Stored data entries
------------------------

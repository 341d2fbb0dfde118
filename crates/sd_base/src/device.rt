//! What the store takes for a device: blocks, and a port for each node.

ghost use Rattle.std.specs.Prelude.{◌≡◌, ◌<◌, true, false, None, ℕ, Bool, IsTrue};
ghost use Rattle.sd_base.specs.Disk.{DiskState, IsLawful, IsFreeFor, IsPort};
ghost use Rattle.sd_base.specs.Calls.{Keeps, Narrows, NarrowsBut, NoNewWriter, NoNewWriterBut, KeepsForeign, KeepsForeignBut, Writes, CutsWrite, Covers, Settles, CountsStay, IsOrdered, Loses};
ghost use Rattle.sd_base.specs.Answers.{ReadCause, WriteCause, Reads, OnWrite};

/// What a block holds.
pub type Block = [u8; 4096];

/// The number of a node, from 1 to 16, and of its port at each device.
#[derive(Clone, Copy, Debug, PartialEq, Eq, PartialOrd, Ord)]
pub struct NodeId(pub u8);

/// The number of a block, from 0.
#[derive(Clone, Copy, Debug, PartialEq, Eq, PartialOrd, Ord)]
pub struct BlockNo(pub u32);

/// How a read ended.
#[derive(Clone, Copy, Debug, PartialEq, Eq)]
pub enum ReadAnswer {
    /// The content was read.
    Done,
    /// The block is lost.
    Lost,
    /// The port was stopped.
    Stopped,
    /// The port failed.
    Failed,
}

/// How a write or a barrier ended.
#[derive(Clone, Copy, Debug, PartialEq, Eq)]
pub enum WriteAnswer {
    /// All of it was done.
    Done,
    /// The port was stopped before the call, within it or after it.
    Stopped,
    /// The port failed.
    Failed,
}

/// A device of blocks with sixteen ports, one for each node.
///
/// A write through a port is current at once, and uncovered until a barrier of that port covers it.
/// Where the port stops, each block that it had not covered holds what was written last or
/// something that the block held before, and nobody can say which.
pub trait Disk {
    /// Whether these devices tell what their blocks are. Clauses on blocks hold where they do.
    ghost told: { Bool };

    /// What the device means.
    ghost state: { Self → DiskState };

    /// The number of blocks.
    fn blocks(&self) -> u32
        ensures { result ≡ (state self.now).size };

    /// Whether the port may be used.
    fn is_live(&self, n: NodeId) -> bool
        requires { IsPort n.0 }
        ensures { result ≡ (state self.now).live n.0 };

    /// Reads a block. After `Stopped` and `Failed` the port isn't live.
    fn read(&mut self, n: NodeId, at: BlockNo, out: &mut Block) -> ReadAnswer
        requires port { IsPort n.0 }
        requires live { (state self.old).live n.0 ≡ true }
        requires reach { (state self.old).reach at.0 ≡ true }
        ensures keeps { Keeps n.0 (state self.old) (state self.new) }
        ensures cause { ReadCause result n.0 (state self.old) (state self.new) }
        ensures outcomes { IsTrue told → Narrows (state self.old).block (state self.new).block }
        ensures writers { IsTrue told → NoNewWriter (state self.old).block (state self.new).block }
        ensures foreign { IsTrue told → KeepsForeign n.0 (state self.old).block (state self.new).block }
        ensures blocks { IsTrue told → Reads result n.0 at.0 out.new (state self.old).block (state self.new).block };

    /// Writes a block. After `Stopped` and `Failed` the port isn't live.
    fn write(&mut self, n: NodeId, at: BlockNo, content: &Block) -> WriteAnswer
        requires port { IsPort n.0 }
        requires live { (state self.old).live n.0 ≡ true }
        requires reach { (state self.old).reach at.0 ≡ true }
        requires free { IsTrue told → IsFreeFor n.0 ((state self.old).block at.0) }
        ensures keeps { Keeps n.0 (state self.old) (state self.new) }
        ensures cause { WriteCause result n.0 (state self.old) (state self.new) }
        ensures outcomes { IsTrue told → NarrowsBut at.0 content.now (state self.old).block (state self.new).block }
        ensures writers { IsTrue told → NoNewWriterBut at.0 n.0 (state self.old).block (state self.new).block }
        ensures foreign { IsTrue told → KeepsForeignBut at.0 n.0 (state self.old).block (state self.new).block }
        ensures blocks { IsTrue told → OnWrite result
            (Writes n.0 at.0 content.now (state self.old).block (state self.new).block)
            (CutsWrite n.0 at.0 (state self.old).block (state self.new).block) };

    /// Covers all that the port has written. After `Stopped` and `Failed` the port isn't live.
    fn barrier(&mut self, n: NodeId) -> WriteAnswer
        requires port { IsPort n.0 }
        requires live { (state self.old).live n.0 ≡ true }
        ensures keeps { Keeps n.0 (state self.old) (state self.new) }
        ensures cause { WriteCause result n.0 (state self.old) (state self.new) }
        ensures outcomes { IsTrue told → Narrows (state self.old).block (state self.new).block }
        ensures writers { IsTrue told → NoNewWriter (state self.old).block (state self.new).block }
        ensures foreign { IsTrue told → KeepsForeign n.0 (state self.old).block (state self.new).block }
        ensures blocks { IsTrue told → OnWrite result
            (Covers n.0 (state self.old).block (state self.new).block)
            (Settles n.0 (state self.old).block (state self.new).block) };

    /// Stops a port, live or not. `picks` is advice on what its uncovered blocks are to hold.
    fn stop(&mut self, n: NodeId, picks: u64)
        requires { IsPort n.0 }
        ensures keeps { Keeps n.0 (state self.old) (state self.new) }
        ensures counts { CountsStay n.0 (state self.old) (state self.new) }
        ensures live { (state self.new).live n.0 ≡ false }
        ensures outcomes { IsTrue told → Narrows (state self.old).block (state self.new).block }
        ensures writers { IsTrue told → NoNewWriter (state self.old).block (state self.new).block }
        ensures foreign { IsTrue told → KeepsForeign n.0 (state self.old).block (state self.new).block }
        ensures blocks { IsTrue told → Settles n.0 (state self.old).block (state self.new).block };

    /// Makes a port live.
    fn start(&mut self, n: NodeId)
        requires { IsPort n.0 }
        ensures keeps { Keeps n.0 (state self.old) (state self.new) }
        ensures counts { CountsStay n.0 (state self.old) (state self.new) }
        ensures live { (state self.new).live n.0 ≡ true }
        ensures blocks { IsTrue told → (state self.new).block ≡ (state self.old).block };

    /// Loses a covered block, as a medium does.
    fn lose(&mut self, at: BlockNo)
        requires reach { (state self.old).reach at.0 ≡ true }
        requires covered { IsTrue told → ((state self.old).block at.0).writer ≡ None }
        ensures ports { IsOrdered (state self.old) (state self.new) }
        ensures blocks { IsTrue told → Loses at.0 (state self.old).block (state self.new).block };

    /// Each block below the number of blocks is in reach.
    ghost reaches: { (d : Self) (k : ℕ) → k < (state d).size → (state d).reach k ≡ true };

    /// What holds of each block.
    ghost lawful: { (d : Self) (k : ℕ) → IsTrue told → IsLawful (state d).block k };
}
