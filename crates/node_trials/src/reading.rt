//! What a cached page and the log on the device hold, compared with what a test expects.

ghost use Rattle.std.specs.Prelude.{◌≡◌, true};
ghost use Rattle.node_trials.specs.Bench.{IsReady, IsWhole};

use crate::bench::Bench;
use crate::records::{PAGE, text};
use crate::store::{NODE, SHAPE};
use log_record::{LogRecord, decode};
use page_image::{PageView, parse};
use private_log::Log;
use sd_base::{DevFault, Disk};
use std::process::Abort;

/// A slot that is present, and what it holds.
pub(crate) type Held = (usize, &'static [u8]);

/// Compares the page as it is in the cache: its identifier, and the slots that are present.
pub(crate) fn check_page<D: Disk>(rt: &impl Abort, bench: &Bench<D>, ident: u64, held: &[Held])
    requires { IsReady SHAPE D.told (D.state bench.now.disk) bench.now.pool bench.now.owners bench.now.cache }
{
    let mut slots = [None; 16];
    for (place, bytes) in held {
        assert!(rt; *place < 16);
        slots[*place] = Some(text(rt, bytes));
    }
    let image = PageView {
        page: PAGE,
        ident,
        slots,
    };
    assert_eq!(rt; parse(bench.view(rt, PAGE), PAGE), Some(image));
}

/// Starts the node's port, attaches its log again, and compares the records: these are all.
pub(crate) fn check_log<D: Disk>(
    rt: &impl Abort,
    disk: &mut D,
    records: &[LogRecord],
) -> Result<(), DevFault>
    requires whole { IsWhole SHAPE (D.state disk.old) }
{
    disk.start(NODE);
    let log = Log::attach(disk, &SHAPE, NODE, NODE)?;
    assert_eq!(rt; log.start(), 0);
    assert_eq!(rt; log.tail(), records.len() as u64);
    let mut text = [0; 672];
    for (number, rec) in records.iter().enumerate() {
        log.read(disk, NODE, number as u64, &mut text)?;
        assert_eq!(rt; decode(&text), Some(*rec), "record {number}");
    }
    Ok(())
}
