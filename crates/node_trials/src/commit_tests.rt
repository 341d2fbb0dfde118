//! Which blocks a commit writes, and how much of the log a stop in it leaves.

ghost use Rattle.std.specs.Prelude.{◌≤◌, length};
ghost use Rattle.node_trials.specs.Bench.{IsWhole};
ghost use Rattle.node_trials.specs.SeatBench.{IsSeated};

use crate::bench::Remains;
use crate::reading::check_log;
use crate::records::{PAGE, append, commit, of, text};
use crate::seat_bench::SeatBench;
use crate::store::{MAP, NODE, PAGES, SHAPE, new_bench};
use Deed::{Barrier, Write};
use device_trials::{Deed, WatchedDisk};
use log_record::LogRecord;
use sd_base::{BlockNo, DevFault, Disk};
use std::process::Abort;
use std::test::Fail;
use txn_core::Change;

const SEAT: u8 = 2;

/// The first blocks of the ring, of six records each.
const FIRST_LOG: BlockNo = BlockNo(2);

const SECOND_LOG: BlockNo = BlockNo(3);

/// How a commit is stopped: at which call of the device, and whether what was written last stays.
#[derive(Clone, Copy, Debug)]
struct Stop {
    call: u64,
    picks: u64,
}

/// Begins a transaction, which appends so many bytes to a slot.
fn change<D: Disk>(rt: &impl Abort, bench: &mut SeatBench<D>, updates: u8)
    requires seated { IsSeated SHAPE D.told (D.state bench.old.bench.disk) bench.old.bench.pool bench.old.bench.owners bench.old.bench.cache bench.old.seats bench.old.left }
    ensures seated { IsSeated SHAPE D.told (D.state bench.new.bench.disk) bench.new.bench.pool bench.new.bench.owners bench.new.bench.cache bench.new.seats bench.new.left }
{
    bench.fetch_all(rt, &[MAP, PAGE]);
    bench.begin(rt, SEAT);
    for _ in 0..updates {
        bench.change(rt, SEAT, PAGE, 0, &Change::Append(text(rt, b"x")));
    }
}

/// What is in the log behind its commit.
fn records(rt: &impl Abort, updates: u8) -> [LogRecord; 7] {
    assert!(rt; updates <= 5);
    let mut all = [
        LogRecord::Begin,
        append(rt, of(0, 0, 5), 0, None, b"x"),
        append(rt, of(0, 1, 6), 0, Some(1), b"x"),
        append(rt, of(0, 2, 7), 0, Some(2), b"x"),
        append(rt, of(0, 3, 8), 0, Some(3), b"x"),
        append(rt, of(0, 4, 9), 0, Some(4), b"x"),
        LogRecord::Begin,
    ];
    all[updates as usize + 1] = commit(0, updates as u64);
    all
}

/// Commits the transaction, and ends the cache however that went.
fn commit_and_end<D: Disk>(rt: &impl Abort, mut bench: SeatBench<D>, stop: Stop) -> Remains<D>
    requires seated { IsSeated SHAPE D.told (D.state bench.bench.disk) bench.bench.pool bench.bench.owners bench.bench.cache bench.seats bench.left }
    ensures table { PAGES ≤ length result.owners }
    ensures whole { IsWhole SHAPE (D.state result.disk) }
{
    let done = bench.commit(rt, SEAT);
    if stop.call == 0 {
        assert_eq!(rt; done, Ok(()));
        bench.end(stop.picks)
    } else {
        assert_eq!(rt; done, Err(DevFault::Stopped(NODE)), "{stop:?}");
        bench.wreck()
    }
}

/// Stops a commit, and compares what is left of the log: so many records.
fn try_stop<D: Disk + Drop>(
    rt: &impl Abort,
    mut bench: SeatBench<WatchedDisk<D>>,
    updates: u8,
    stop: Stop,
    left: usize,
) -> Result<(), DevFault>
    requires seated { IsSeated SHAPE D.told (⟦<WatchedDisk<D> as Disk>⟧.state bench.bench.disk) bench.bench.pool bench.bench.owners bench.bench.cache bench.seats bench.left }
{
    change(rt, &mut bench, updates);
    bench.watch(stop.call, stop.picks);
    let mut remains = commit_and_end(rt, bench, stop);
    assert!(rt; left <= 7);
    check_log(rt, &mut remains.disk, &records(rt, updates)[..left])
}

#[test]
fn a_stop_leaves_a_front_of_the_log(rt: HostRuntime) -> Result<(), Fail> {
    // A block has six records. Of two records before the commit, none is on the device yet. With five, the
    // commit fills the block, so it is written as it is appended. With six, the block is written and not
    // covered. With no pick what isn't covered is undone.
    for (updates, call, without, with) in [
        (1, 1, 0, 3),
        (1, 2, 0, 3),
        (1, 0, 3, 3),
        (4, 1, 0, 6),
        (4, 2, 0, 6),
        (4, 0, 6, 6),
        (5, 1, 0, 6),
        (5, 2, 6, 7),
        (5, 3, 6, 7),
        (5, 0, 7, 7),
    ] {
        for (picks, left) in [(0, without), (u64::MAX, with)] {
            let bench = SeatBench::new(new_bench(rt.alloc(), 1)?);
            try_stop(&rt, bench, updates, Stop { call, picks }, left)?;
        }
    }
    Ok(())
}

/// Commits a transaction, and compares what the device is told meanwhile.
fn try_deeds<D: Disk>(
    rt: &impl Abort,
    bench: &mut SeatBench<WatchedDisk<D>>,
    updates: u8,
    deeds: &[Deed],
)
    requires seated { IsSeated SHAPE D.told (⟦<WatchedDisk<D> as Disk>⟧.state bench.old.bench.disk) bench.old.bench.pool bench.old.bench.owners bench.old.bench.cache bench.old.seats bench.old.left }
    ensures seated { IsSeated SHAPE D.told (⟦<WatchedDisk<D> as Disk>⟧.state bench.new.bench.disk) bench.new.bench.pool bench.new.bench.owners bench.new.bench.cache bench.new.seats bench.new.left }
{
    change(rt, bench, updates);
    bench.watch(0, 0);
    bench.commit(rt, SEAT).expect(rt, "a commit");
    assert_eq!(rt; bench.bench.disk.deeds(), deeds, "{updates}");
    assert!(rt; bench.bench.cache.is_dirty(PAGE));
}

#[test]
fn a_commit_writes_the_log_alone(rt: HostRuntime) -> Result<(), Fail> {
    for (updates, deeds) in [
        (1, [Write(FIRST_LOG), Barrier].as_slice()),
        (4, [Write(FIRST_LOG), Barrier].as_slice()),
        (5, [Barrier, Write(SECOND_LOG), Barrier].as_slice()),
    ] {
        let mut bench = SeatBench::new(new_bench(rt.alloc(), 1)?);
        try_deeds(&rt, &mut bench, updates, deeds);
        bench.end(0);
    }
    Ok(())
}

------------------------

— WORK TO BE COMPLETED —
Of the lines above, retype only those from the line containing "fn start(&mut self, n: NodeId)" through the line containing "filename crates/node_trials/src/reading.rt", including both, exactly.

— PROBLEM SOLUTION —
    fn start(&mut self, n: NodeId)
        requires { IsPort n.0 }
        ensures keeps { Keeps n.0 (state self.old) (state self.new) }
        ensures counts { CountsStay n.0 (state self.old) (state self.new) }
        ensures live { (state self.new).live n.0 ≡ true }
        ensures blocks { IsTrue told → (state self.new).block ≡ (state self.old).block };

    /// Loses a covered block, as a medium does.
    fn lose(&mut self, at: BlockNo)
        requires reach { (state self.old).reach at.0 ≡ true }
        requires covered { IsTrue told → ((state self.old).block at.0).writer ≡ None }
        ensures ports { IsOrdered (state self.old) (state self.new) }
        ensures blocks { IsTrue told → Loses at.0 (state self.old).block (state self.new).block };

    /// Each block below the number of blocks is in reach.
    ghost reaches: { (d : Self) (k : ℕ) → k < (state d).size → (state d).reach k ≡ true };

    /// What holds of each block.
    ghost lawful: { (d : Self) (k : ℕ) → IsTrue told → IsLawful (state d).block k };
}
filename crates/node_trials/src/reading.rt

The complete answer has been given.